The answer must restate every entry below word for word.

Segment Start: RECORD SET

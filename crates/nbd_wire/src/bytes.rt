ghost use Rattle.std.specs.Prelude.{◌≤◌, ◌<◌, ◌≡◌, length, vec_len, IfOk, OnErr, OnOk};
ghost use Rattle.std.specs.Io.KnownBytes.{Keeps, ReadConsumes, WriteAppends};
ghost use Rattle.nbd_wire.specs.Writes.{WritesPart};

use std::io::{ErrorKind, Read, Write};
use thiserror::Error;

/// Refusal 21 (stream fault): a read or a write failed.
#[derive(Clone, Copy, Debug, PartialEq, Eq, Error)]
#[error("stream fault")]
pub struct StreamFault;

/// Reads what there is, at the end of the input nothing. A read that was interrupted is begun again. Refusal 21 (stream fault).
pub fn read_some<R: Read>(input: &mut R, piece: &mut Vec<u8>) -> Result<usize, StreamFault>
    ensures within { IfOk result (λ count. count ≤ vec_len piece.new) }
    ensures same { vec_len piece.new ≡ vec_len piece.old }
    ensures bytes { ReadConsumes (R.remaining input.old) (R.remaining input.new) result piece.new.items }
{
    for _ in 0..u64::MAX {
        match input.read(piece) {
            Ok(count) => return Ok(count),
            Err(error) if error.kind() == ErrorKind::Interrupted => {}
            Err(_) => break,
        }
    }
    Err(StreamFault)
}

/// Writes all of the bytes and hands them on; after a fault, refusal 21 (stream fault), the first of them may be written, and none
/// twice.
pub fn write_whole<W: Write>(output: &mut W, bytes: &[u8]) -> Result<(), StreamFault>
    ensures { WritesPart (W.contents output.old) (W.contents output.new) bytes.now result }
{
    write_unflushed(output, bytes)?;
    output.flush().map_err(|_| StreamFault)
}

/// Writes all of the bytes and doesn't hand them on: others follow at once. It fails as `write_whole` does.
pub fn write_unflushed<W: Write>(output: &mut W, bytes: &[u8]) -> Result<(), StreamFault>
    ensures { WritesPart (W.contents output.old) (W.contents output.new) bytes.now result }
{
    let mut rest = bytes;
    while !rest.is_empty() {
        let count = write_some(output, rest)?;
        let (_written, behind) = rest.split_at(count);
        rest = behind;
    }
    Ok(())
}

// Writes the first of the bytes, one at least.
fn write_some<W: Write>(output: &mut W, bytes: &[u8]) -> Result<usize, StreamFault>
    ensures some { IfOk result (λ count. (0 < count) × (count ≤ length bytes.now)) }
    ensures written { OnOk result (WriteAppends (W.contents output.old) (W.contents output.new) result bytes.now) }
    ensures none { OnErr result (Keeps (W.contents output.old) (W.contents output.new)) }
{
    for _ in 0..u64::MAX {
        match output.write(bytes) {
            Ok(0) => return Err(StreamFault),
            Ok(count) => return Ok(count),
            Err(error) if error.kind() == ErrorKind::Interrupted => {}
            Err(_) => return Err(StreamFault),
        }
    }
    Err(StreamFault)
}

Segment End: RECORD SET

* COMPLETED TASK *
filename crates/nbd_wire/src/bytes.rt
ghost use Rattle.std.specs.Prelude.{◌≤◌, ◌<◌, ◌≡◌, length, vec_len, IfOk, OnErr, OnOk};
ghost use Rattle.std.specs.Io.KnownBytes.{Keeps, ReadConsumes, WriteAppends};
ghost use Rattle.nbd_wire.specs.Writes.{WritesPart};

use std::io::{ErrorKind, Read, Write};
use thiserror::Error;

/// Refusal 21 (stream fault): a read or a write failed.
#[derive(Clone, Copy, Debug, PartialEq, Eq, Error)]
#[error("stream fault")]
pub struct StreamFault;

/// Reads what there is, at the end of the input nothing. A read that was interrupted is begun again. Refusal 21 (stream fault).
pub fn read_some<R: Read>(input: &mut R, piece: &mut Vec<u8>) -> Result<usize, StreamFault>
    ensures within { IfOk result (λ count. count ≤ vec_len piece.new) }
    ensures same { vec_len piece.new ≡ vec_len piece.old }
    ensures bytes { ReadConsumes (R.remaining input.old) (R.remaining input.new) result piece.new.items }
{
    for _ in 0..u64::MAX {
        match input.read(piece) {
            Ok(count) => return Ok(count),
            Err(error) if error.kind() == ErrorKind::Interrupted => {}
            Err(_) => break,
        }
    }
    Err(StreamFault)
}

/// Writes all of the bytes and hands them on; after a fault, refusal 21 (stream fault), the first of them may be written, and none
/// twice.
pub fn write_whole<W: Write>(output: &mut W, bytes: &[u8]) -> Result<(), StreamFault>
    ensures { WritesPart (W.contents output.old) (W.contents output.new) bytes.now result }
{
    write_unflushed(output, bytes)?;
    output.flush().map_err(|_| StreamFault)
}

/// Writes all of the bytes and doesn't hand them on: others follow at once. It fails as `write_whole` does.
pub fn write_unflushed<W: Write>(output: &mut W, bytes: &[u8]) -> Result<(), StreamFault>
    ensures { WritesPart (W.contents output.old) (W.contents output.new) bytes.now result }
{
    let mut rest = bytes;
    while !rest.is_empty() {
        let count = write_some(output, rest)?;
        let (_written, behind) = rest.split_at(count);
        rest = behind;
    }
    Ok(())
}

// Writes the first of the bytes, one at least.
fn write_some<W: Write>(output: &mut W, bytes: &[u8]) -> Result<usize, StreamFault>
    ensures some { IfOk result (λ count. (0 < count) × (count ≤ length bytes.now)) }
    ensures written { OnOk result (WriteAppends (W.contents output.old) (W.contents output.new) result bytes.now) }
    ensures none { OnErr result (Keeps (W.contents output.old) (W.contents output.new)) }
{
    for _ in 0..u64::MAX {
        match output.write(bytes) {
            Ok(0) => return Err(StreamFault),
            Ok(count) => return Ok(count),
            Err(error) if error.kind() == ErrorKind::Interrupted => {}
            Err(_) => return Err(StreamFault),
        }
    }
    Err(StreamFault)
}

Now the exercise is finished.